[Collected data]
------------------------
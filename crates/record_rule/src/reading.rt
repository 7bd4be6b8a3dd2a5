// How a capture is read: as the Rust reads it, or as the savefile format says.

ghost use Rattle.std.specs.Prelude.{◌≡◌};
ghost use Rattle.record_rule.specs.Reading.{usual};

#[derive(Clone, Copy, Debug, PartialEq, Eq)]
pub enum Reading {
    Rust,
    Savefile,
}

impl Reading {
    // The reading of a caller who names none. It is no Default: `usual` is its name in the definitions and at its callers.
    pub fn usual() -> Self
        ensures { result ≡ usual }
    {
        Reading::Rust
    }
}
------------------------
#### [THE TASK]
Print all the data exactly.

#### [ANSWER TO THE PROBLEM]
filename crates/record_rule/src/reading.rt
repository 7bd4be6b8a3dd2a5
// How a capture is read: as the Rust reads it, or as the savefile format says.

ghost use Rattle.std.specs.Prelude.{◌≡◌};
ghost use Rattle.record_rule.specs.Reading.{usual};

#[derive(Clone, Copy, Debug, PartialEq, Eq)]
pub enum Reading {
    Rust,
    Savefile,
}

impl Reading {
    // The reading of a caller who names none. It is no Default: `usual` is its name in the definitions and at its callers.
    pub fn usual() -> Self
        ensures { result ≡ usual }
    {
        Reading::Rust
    }
}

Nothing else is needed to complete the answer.